• [PROVIDED RECORDS]
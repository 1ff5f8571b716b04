//! From lines to the script.

pub(crate) mod command;
pub(crate) mod header;
pub(crate) mod input;
pub(crate) mod item;
pub(crate) mod item_line;
pub(crate) mod items;
pub(crate) mod line;
pub(crate) mod line_fault;
pub(crate) mod lists;
pub(crate) mod reading;
pub(crate) mod script_fault;
pub(crate) mod turn;

pub use reading::read_script;
pub use script_fault::ScriptFault;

• [WHAT TO WORK ON] Take the entries above and transcribe them in full.

• [EXERCISE OUTPUT]
repository 1ff5f8571b716b04
//! From lines to the script.

pub(crate) mod command;
pub(crate) mod header;
pub(crate) mod input;
pub(crate) mod item;
pub(crate) mod item_line;
pub(crate) mod items;
pub(crate) mod line;
pub(crate) mod line_fault;
pub(crate) mod lists;
pub(crate) mod reading;
pub(crate) mod script_fault;
pub(crate) mod turn;

pub use reading::read_script;
pub use script_fault::ScriptFault;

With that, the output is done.